• **Exercise objective**
Among the records that follow, set down only the lines from the one containing "buf.old q (sp_bytes" to the one containing "put_later(buf, t, content, sp, piece)", both included, exactly.
---------- Task inputs ----------
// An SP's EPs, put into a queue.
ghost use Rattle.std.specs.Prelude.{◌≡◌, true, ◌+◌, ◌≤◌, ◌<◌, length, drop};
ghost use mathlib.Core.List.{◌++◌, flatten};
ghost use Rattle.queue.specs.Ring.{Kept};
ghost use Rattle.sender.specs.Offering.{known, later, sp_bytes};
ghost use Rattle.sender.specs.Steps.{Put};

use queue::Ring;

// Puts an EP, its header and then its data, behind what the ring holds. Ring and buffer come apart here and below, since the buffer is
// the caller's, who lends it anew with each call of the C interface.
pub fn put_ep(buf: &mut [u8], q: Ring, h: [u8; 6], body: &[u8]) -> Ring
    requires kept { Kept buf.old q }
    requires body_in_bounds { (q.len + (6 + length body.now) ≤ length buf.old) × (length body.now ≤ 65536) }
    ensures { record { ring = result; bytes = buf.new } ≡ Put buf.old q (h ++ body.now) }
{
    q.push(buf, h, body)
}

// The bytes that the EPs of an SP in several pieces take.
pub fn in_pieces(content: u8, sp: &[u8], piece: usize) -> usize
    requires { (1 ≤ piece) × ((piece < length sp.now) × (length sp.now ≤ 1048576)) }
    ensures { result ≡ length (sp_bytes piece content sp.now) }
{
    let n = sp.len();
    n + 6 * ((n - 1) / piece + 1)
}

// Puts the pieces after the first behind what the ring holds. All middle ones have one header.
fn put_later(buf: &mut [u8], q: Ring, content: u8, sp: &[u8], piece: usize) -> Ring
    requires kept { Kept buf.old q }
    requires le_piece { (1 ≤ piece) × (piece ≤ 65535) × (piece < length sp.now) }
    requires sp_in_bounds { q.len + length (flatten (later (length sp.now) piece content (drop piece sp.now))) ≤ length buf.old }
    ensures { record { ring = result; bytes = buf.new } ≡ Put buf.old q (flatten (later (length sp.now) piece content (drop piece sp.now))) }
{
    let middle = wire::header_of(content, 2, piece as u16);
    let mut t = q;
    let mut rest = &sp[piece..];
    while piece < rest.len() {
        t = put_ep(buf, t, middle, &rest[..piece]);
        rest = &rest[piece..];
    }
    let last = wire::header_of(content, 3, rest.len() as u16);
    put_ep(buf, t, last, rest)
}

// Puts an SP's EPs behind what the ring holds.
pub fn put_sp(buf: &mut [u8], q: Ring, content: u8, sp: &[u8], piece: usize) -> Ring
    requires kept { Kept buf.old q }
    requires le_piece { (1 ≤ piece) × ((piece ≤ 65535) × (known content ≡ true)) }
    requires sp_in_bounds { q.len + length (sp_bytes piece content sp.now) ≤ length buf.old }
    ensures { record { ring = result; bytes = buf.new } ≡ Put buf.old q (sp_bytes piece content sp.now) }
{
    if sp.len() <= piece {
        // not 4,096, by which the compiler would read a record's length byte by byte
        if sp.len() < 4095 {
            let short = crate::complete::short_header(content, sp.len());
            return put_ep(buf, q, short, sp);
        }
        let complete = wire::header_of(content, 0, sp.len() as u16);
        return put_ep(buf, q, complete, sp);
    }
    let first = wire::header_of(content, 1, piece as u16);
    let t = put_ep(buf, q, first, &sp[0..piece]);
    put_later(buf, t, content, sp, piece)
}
----------
---------- Task inputs ----------
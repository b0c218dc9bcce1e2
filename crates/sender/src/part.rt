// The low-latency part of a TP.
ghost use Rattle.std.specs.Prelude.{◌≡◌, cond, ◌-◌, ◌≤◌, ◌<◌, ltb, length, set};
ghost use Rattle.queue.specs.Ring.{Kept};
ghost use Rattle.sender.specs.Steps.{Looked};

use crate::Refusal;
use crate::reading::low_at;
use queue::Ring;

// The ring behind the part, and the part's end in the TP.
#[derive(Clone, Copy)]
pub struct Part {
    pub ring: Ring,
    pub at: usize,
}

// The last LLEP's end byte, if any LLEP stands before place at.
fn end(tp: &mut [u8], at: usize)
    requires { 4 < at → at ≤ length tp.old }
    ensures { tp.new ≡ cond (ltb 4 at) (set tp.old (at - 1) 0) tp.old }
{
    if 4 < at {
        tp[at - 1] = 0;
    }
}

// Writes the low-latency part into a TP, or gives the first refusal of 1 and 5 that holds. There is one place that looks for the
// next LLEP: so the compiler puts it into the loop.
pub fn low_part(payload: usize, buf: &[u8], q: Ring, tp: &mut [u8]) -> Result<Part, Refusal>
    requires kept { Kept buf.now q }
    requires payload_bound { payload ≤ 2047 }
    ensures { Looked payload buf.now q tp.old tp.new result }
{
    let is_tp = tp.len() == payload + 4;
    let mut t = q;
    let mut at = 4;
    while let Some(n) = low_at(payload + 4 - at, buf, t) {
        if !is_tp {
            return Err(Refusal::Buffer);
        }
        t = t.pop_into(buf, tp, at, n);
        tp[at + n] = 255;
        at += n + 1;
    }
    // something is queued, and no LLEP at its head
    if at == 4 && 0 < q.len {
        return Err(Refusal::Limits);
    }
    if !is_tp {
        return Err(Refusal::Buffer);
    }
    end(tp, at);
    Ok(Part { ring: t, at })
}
----------
• **Result of the task**
    ensures { record { ring = result; bytes = buf.new } ≡ Put buf.old q (sp_bytes piece content sp.now) }
{
    if sp.len() <= piece {
        // not 4,096, by which the compiler would read a record's length byte by byte
        if sp.len() < 4095 {
            let short = crate::complete::short_header(content, sp.len());
            return put_ep(buf, q, short, sp);
        }
        let complete = wire::header_of(content, 0, sp.len() as u16);
        return put_ep(buf, q, complete, sp);
    }
    let first = wire::header_of(content, 1, piece as u16);
    let t = put_ep(buf, q, first, &sp[0..piece]);
    put_later(buf, t, content, sp, piece)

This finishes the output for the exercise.